[Start of section]
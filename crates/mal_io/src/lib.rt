//! The devices that a program reads from and writes to: sources and sinks of bytes that may fail.
//!
//! A source or a sink counts its faults. A call says that it failed only where it counted one, so a
//! caller that reports a fault can show that there was one.
#![tactic(auto)]

pub mod device;
pub mod memory;
pub mod pieces;
pub mod standard;
pub mod whole;

pub use device::{Failed, Sink, Source};
pub use memory::{MemSink, MemSource};
pub use pieces::Pieces;
pub use standard::{StdSink, StdSource};
pub use whole::{ReadAllError, WriteFault, read_all, write_all};
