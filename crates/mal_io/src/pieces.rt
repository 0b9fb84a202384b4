//! Bytes on their way to a sink.

ghost use Rattle.std.specs.Prelude.{◌≡◌, ◌+◌, ◌-◌, ◌≤◌, [], ◌++◌, length, false};
ghost use Rattle.mal_io.specs.Pieces.{Puts};

use crate::device::Sink;
use crate::whole::write_all;
use std::marker::Model;

/// How many bytes are gathered before they are handed on.
const SIZE: usize = 16_384;

/// Bytes that wait to be handed to a sink, so that it is not called for each word. Once the sink has failed nothing more
/// is handed to it. Takes no memory.
#[derive(Drop)]
pub struct Pieces {
    bytes: [u8; SIZE],
    len: usize,
    failed: bool,
}

impl Model for Pieces {
    ghost use Rattle.std.specs.Prelude.{◌≤◌, take};
    ghost use Rattle.mal_io.specs.Pieces.{Waiting};

    ghost Value = { Waiting };

    ghost view = { λ p. record { bytes = take p.len p.bytes; failed = p.failed } };

    ghost invariant = { λ p. p.len ≤ 16384 };
}

impl Pieces {
    /// Nothing waits.
    pub fn new() -> Pieces
        ensures bytes { result.bytes ≡ [] }
        ensures failed { result.failed ≡ false }
    {
        Pieces {
            bytes: [0u8; SIZE],
            len: 0,
            failed: false,
        }
    }

    /// Puts bytes after those that wait, and hands on what waits where it gets too much.
    pub fn put<K: Sink>(&mut self, sink: &mut K, bytes: &[u8])
        ensures { Puts K.got K.faults sink.old sink.new self.old self.new bytes.now }
    {
        if bytes.len() <= self.room() {
            self.keep(bytes);
            return;
        }
        self.hand_on(sink);
        self.begin(sink, bytes);
    }

    /// Hands on what waits, and says whether the sink has failed.
    pub fn end<K: Sink>(&mut self, sink: &mut K) -> bool
        ensures puts { Puts K.got K.faults sink.old sink.new self.old self.new [] }
        ensures empty { self.new.bytes ≡ [] }
        ensures failed { result ≡ self.new.failed }
    {
        self.hand_on(sink);
        self.failed
    }

    /// How many more bytes may wait.
    fn room(&self) -> usize
        ensures { length self.now.bytes + result ≡ 16384 }
    {
        SIZE - self.len
    }

    /// Hands on what waits.
    fn hand_on<K: Sink>(&mut self, sink: &mut K)
        ensures puts { Puts K.got K.faults sink.old sink.new self.old self.new [] }
        ensures empty { self.new.bytes ≡ [] }
    {
        self.failed = handed(self.failed, sink, &self.bytes[..self.len]);
        self.len = 0;
    }

    /// Puts bytes where none wait.
    fn begin<K: Sink>(&mut self, sink: &mut K, bytes: &[u8])
        requires { self.old.bytes ≡ [] }
        ensures { Puts K.got K.faults sink.old sink.new self.old self.new bytes.now }
    {
        if bytes.len() <= self.room() {
            self.keep(bytes);
            return;
        }
        // What finds no room is handed on as it is, so nothing has to be known of how long a line is.
        self.failed = handed(self.failed, sink, bytes);
    }

    /// Puts bytes after those that wait, for which there is room.
    fn keep(&mut self, bytes: &[u8])
        requires { length self.old.bytes + length bytes.now ≤ 16384 }
        ensures bytes { self.new.bytes ≡ self.old.bytes ++ bytes.now }
        ensures failed { self.new.failed ≡ self.old.failed }
    {
        let end = self.len + bytes.len();
        self.bytes[self.len..end].copy_from_slice(bytes);
        self.len = end;
    }
}

/// Hands bytes to a sink, unless it has failed before, and says whether it has now.
fn handed<K: Sink>(failed: bool, sink: &mut K, bytes: &[u8]) -> bool
    ensures { Puts K.got K.faults sink.old sink.new (record { bytes = bytes.now; failed = failed })
        (record { bytes = []; failed = result }) [] }
{
    if failed {
        return true;
    }
    write_all(sink, bytes).is_err()
}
[End of section]
WHAT TO WORK ON »
Wherever "ghost" occurs in the records above, copy the line it sits in.

TASK OUTPUT »
ghost use Rattle.std.specs.Prelude.{◌≡◌, ◌+◌, ◌-◌, ◌≤◌, [], ◌++◌, length, false};
ghost use Rattle.mal_io.specs.Pieces.{Puts};
    ghost use Rattle.std.specs.Prelude.{◌≤◌, take};
    ghost use Rattle.mal_io.specs.Pieces.{Waiting};
    ghost Value = { Waiting };
    ghost view = { λ p. record { bytes = take p.len p.bytes; failed = p.failed } };
    ghost invariant = { λ p. p.len ≤ 16384 };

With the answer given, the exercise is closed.